▸ Task requirements
Each entry must be copied exactly, without omission.

◇ ◇ ◇

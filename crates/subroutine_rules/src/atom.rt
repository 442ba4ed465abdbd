//! Atoms (16.9.20 to 16.9.30): rule 53; and the values that stand beside them: rules 51 and 59.

ghost use Rattle.std.specs.Prelude.{◌≡◌, IfOk, Some};
ghost use Rattle.std.specs.Option.{option_map};
ghost use Rattle.checked_tree.specs.ExpressionViews.{designator as designator_seen, expression};
ghost use Rattle.rule_definitions.specs.IntrinsicSubroutines as rules;
ghost use Rattle.part_rules.specs.Views.{placed};
ghost use Rattle.subroutine_rules.specs.Variables as spec;
ghost use Rattle.subroutine_rules.specs.Atoms.{atom_seen, known};

use caf_base::refusal::NoMemory;
use caf_base::value::Kind;
use checked_tree::data::{DataType, Object};
use checked_tree::expr::{Designator, TypedExpr};
use part_rules::judged::{Judged, breaking};
use part_rules::part::{Part, plain};
use part_rules::types::{is_team_type, takes};
use rule_definitions::rule;
use rule_definitions::taken::Taken;
use specifier_rules::variable::{designator_in, missing};

/// An ATOM: a variable with its kind.
#[derive(Drop)]
pub struct Atom {
    pub variable: Designator,
    pub kind: Kind,
}

/// The kind of an atom of this type, where the call takes it.
fn atom_kind(taken: Taken, of_type: DataType) -> Option<Kind>
    ensures { result ≡ rules.atom_kind taken of_type }
{
    match of_type {
        DataType::Intrinsic(Kind::I4) => Some(Kind::I4),
        DataType::Intrinsic(Kind::L4) => match taken {
            Taken::Logicals | Taken::IntegersOrLogicals => Some(Kind::L4),
            Taken::Integers => None,
        },
        DataType::Intrinsic(Kind::I8) | DataType::Team | DataType::Event | DataType::Lock => None,
    }
}

/// Whether a designator is a part of a coarray.
#[tactic(auto, using(checked_tree::specs::ExpressionViews::typed_forms))]
fn is_coarray_part(designator: &Designator) -> bool
    ensures { result ≡ spec.is_coarray_part (designator_seen designator.now) }
{
    match designator.object {
        Object::Coarray(_) => true,
        Object::Local(_) | Object::Constant(_) => false,
    }
}

/// The atom that a designator with a kind is, where it is one.
fn atom_in(variable: Designator, kind: Option<Kind>) -> Option<Atom>
    ensures { option_map atom_seen result ≡ spec.atom_in (Some (designator_seen variable)) kind }
{
    let Some(kind) = kind else {
        drop(variable);
        return None;
    };
    if is_coarray_part(&variable) {
        return Some(Atom { variable, kind });
    }
    drop(variable);
    None
}

/// The atom that an expression is, where it is one of a type that the call takes.
#[tactic(auto, using(crate::proofs::Variables::atom_by_designator))]
fn atom_of(taken: Taken, value: TypedExpr) -> Option<Atom>
    ensures { option_map atom_seen result ≡ rules.atom_of taken (expression value) }
{
    if value.rank != 0 {
        drop(value);
        return None;
    }
    let of_type = value.of_type;
    match designator_in(value.into_form()) {
        Some(variable) => atom_in(variable, atom_kind(taken, of_type)),
        None => None,
    }
}

/// An ATOM: rule 53 for what is no scalar coarray or element of one, and for another type.
pub fn an_atom(taken: Taken, part: Part) -> Result<Judged<Atom>, NoMemory>
    ensures breaks { IfOk result (λ j. j.breaks.items ≡ (rules.an_atom taken (placed part)).breaks) }
    ensures meaning { IfOk result (λ j. option_map atom_seen j.meaning ≡ (rules.an_atom taken (placed part)).meaning) }
{
    let at = part.at;
    let Judged { breaks, meaning } = plain(part)?;
    let Some(value) = meaning else {
        return Ok(Judged {
            breaks,
            meaning: None,
        });
    };
    match atom_of(taken, value) {
        Some(atom) => Ok(Judged {
            breaks,
            meaning: Some(atom),
        }),
        None => missing(breaks, rule::ATOM, at),
    }
}

/// The type that VALUE, OLD, COMPARE and NEW have beside an ATOM: its own, either where it isn't known.
pub fn taken_with(atom: &Option<Atom>) -> Taken
    ensures { result ≡ rules.taken_with (known (option_map atom_seen atom.now)) }
{
    match atom {
        None => Taken::IntegersOrLogicals,
        Some(atom) => match atom.kind {
            Kind::I4 | Kind::I8 => Taken::Integers,
            Kind::L4 => Taken::Logicals,
        },
    }
}

/// A value beside an ATOM: rule 51 for a team, rule 59 for another type than these, rule 37 for an array.
pub fn an_atom_value(taken: Taken, part: Part) -> Result<Judged<TypedExpr>, NoMemory>
    ensures breaks { IfOk result (λ j. j.breaks.items ≡ (rules.an_atom_value taken (placed part)).breaks) }
    ensures meaning { IfOk result (λ j. option_map expression j.meaning ≡ (rules.an_atom_value taken (placed part)).meaning) }
{
    let at = part.at;
    let value = plain(part)?;
    let Some(found) = &value.meaning else {
        return Ok(value);
    };
    let is_scalar = found.rank == 0;
    let value = if takes(taken, found.of_type) {
        value
    } else if is_team_type(found.of_type) {
        breaking(value, rule::TEAM, at)?
    } else {
        breaking(value, rule::INTRINSIC_ARGUMENT, at)?
    };
    if is_scalar {
        Ok(value)
    } else {
        breaking(value, rule::ARRAY_FOR_SCALAR, at)
    }
}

◇ ◇ ◇

▸ Solution to this problem
filename crates/subroutine_rules/src/atom.rt
repository 442ba4ed465abdbd
//! Atoms (16.9.20 to 16.9.30): rule 53; and the values that stand beside them: rules 51 and 59.

ghost use Rattle.std.specs.Prelude.{◌≡◌, IfOk, Some};
ghost use Rattle.std.specs.Option.{option_map};
ghost use Rattle.checked_tree.specs.ExpressionViews.{designator as designator_seen, expression};
ghost use Rattle.rule_definitions.specs.IntrinsicSubroutines as rules;
ghost use Rattle.part_rules.specs.Views.{placed};
ghost use Rattle.subroutine_rules.specs.Variables as spec;
ghost use Rattle.subroutine_rules.specs.Atoms.{atom_seen, known};

use caf_base::refusal::NoMemory;
use caf_base::value::Kind;
use checked_tree::data::{DataType, Object};
use checked_tree::expr::{Designator, TypedExpr};
use part_rules::judged::{Judged, breaking};
use part_rules::part::{Part, plain};
use part_rules::types::{is_team_type, takes};
use rule_definitions::rule;
use rule_definitions::taken::Taken;
use specifier_rules::variable::{designator_in, missing};

/// An ATOM: a variable with its kind.
#[derive(Drop)]
pub struct Atom {
    pub variable: Designator,
    pub kind: Kind,
}

/// The kind of an atom of this type, where the call takes it.
fn atom_kind(taken: Taken, of_type: DataType) -> Option<Kind>
    ensures { result ≡ rules.atom_kind taken of_type }
{
    match of_type {
        DataType::Intrinsic(Kind::I4) => Some(Kind::I4),
        DataType::Intrinsic(Kind::L4) => match taken {
            Taken::Logicals | Taken::IntegersOrLogicals => Some(Kind::L4),
            Taken::Integers => None,
        },
        DataType::Intrinsic(Kind::I8) | DataType::Team | DataType::Event | DataType::Lock => None,
    }
}

/// Whether a designator is a part of a coarray.
#[tactic(auto, using(checked_tree::specs::ExpressionViews::typed_forms))]
fn is_coarray_part(designator: &Designator) -> bool
    ensures { result ≡ spec.is_coarray_part (designator_seen designator.now) }
{
    match designator.object {
        Object::Coarray(_) => true,
        Object::Local(_) | Object::Constant(_) => false,
    }
}

/// The atom that a designator with a kind is, where it is one.
fn atom_in(variable: Designator, kind: Option<Kind>) -> Option<Atom>
    ensures { option_map atom_seen result ≡ spec.atom_in (Some (designator_seen variable)) kind }
{
    let Some(kind) = kind else {
        drop(variable);
        return None;
    };
    if is_coarray_part(&variable) {
        return Some(Atom { variable, kind });
    }
    drop(variable);
    None
}

/// The atom that an expression is, where it is one of a type that the call takes.
#[tactic(auto, using(crate::proofs::Variables::atom_by_designator))]
fn atom_of(taken: Taken, value: TypedExpr) -> Option<Atom>
    ensures { option_map atom_seen result ≡ rules.atom_of taken (expression value) }
{
    if value.rank != 0 {
        drop(value);
        return None;
    }
    let of_type = value.of_type;
    match designator_in(value.into_form()) {
        Some(variable) => atom_in(variable, atom_kind(taken, of_type)),
        None => None,
    }
}

/// An ATOM: rule 53 for what is no scalar coarray or element of one, and for another type.
pub fn an_atom(taken: Taken, part: Part) -> Result<Judged<Atom>, NoMemory>
    ensures breaks { IfOk result (λ j. j.breaks.items ≡ (rules.an_atom taken (placed part)).breaks) }
    ensures meaning { IfOk result (λ j. option_map atom_seen j.meaning ≡ (rules.an_atom taken (placed part)).meaning) }
{
    let at = part.at;
    let Judged { breaks, meaning } = plain(part)?;
    let Some(value) = meaning else {
        return Ok(Judged {
            breaks,
            meaning: None,
        });
    };
    match atom_of(taken, value) {
        Some(atom) => Ok(Judged {
            breaks,
            meaning: Some(atom),
        }),
        None => missing(breaks, rule::ATOM, at),
    }
}

/// The type that VALUE, OLD, COMPARE and NEW have beside an ATOM: its own, either where it isn't known.
pub fn taken_with(atom: &Option<Atom>) -> Taken
    ensures { result ≡ rules.taken_with (known (option_map atom_seen atom.now)) }
{
    match atom {
        None => Taken::IntegersOrLogicals,
        Some(atom) => match atom.kind {
            Kind::I4 | Kind::I8 => Taken::Integers,
            Kind::L4 => Taken::Logicals,
        },
    }
}

/// A value beside an ATOM: rule 51 for a team, rule 59 for another type than these, rule 37 for an array.
pub fn an_atom_value(taken: Taken, part: Part) -> Result<Judged<TypedExpr>, NoMemory>
    ensures breaks { IfOk result (λ j. j.breaks.items ≡ (rules.an_atom_value taken (placed part)).breaks) }
    ensures meaning { IfOk result (λ j. option_map expression j.meaning ≡ (rules.an_atom_value taken (placed part)).meaning) }
{
    let at = part.at;
    let value = plain(part)?;
    let Some(found) = &value.meaning else {
        return Ok(value);
    };
    let is_scalar = found.rank == 0;
    let value = if takes(taken, found.of_type) {
        value
    } else if is_team_type(found.of_type) {
        breaking(value, rule::TEAM, at)?
    } else {
        breaking(value, rule::INTRINSIC_ARGUMENT, at)?
    };
    if is_scalar {
        Ok(value)
    } else {
        breaking(value, rule::ARRAY_FOR_SCALAR, at)
    }
}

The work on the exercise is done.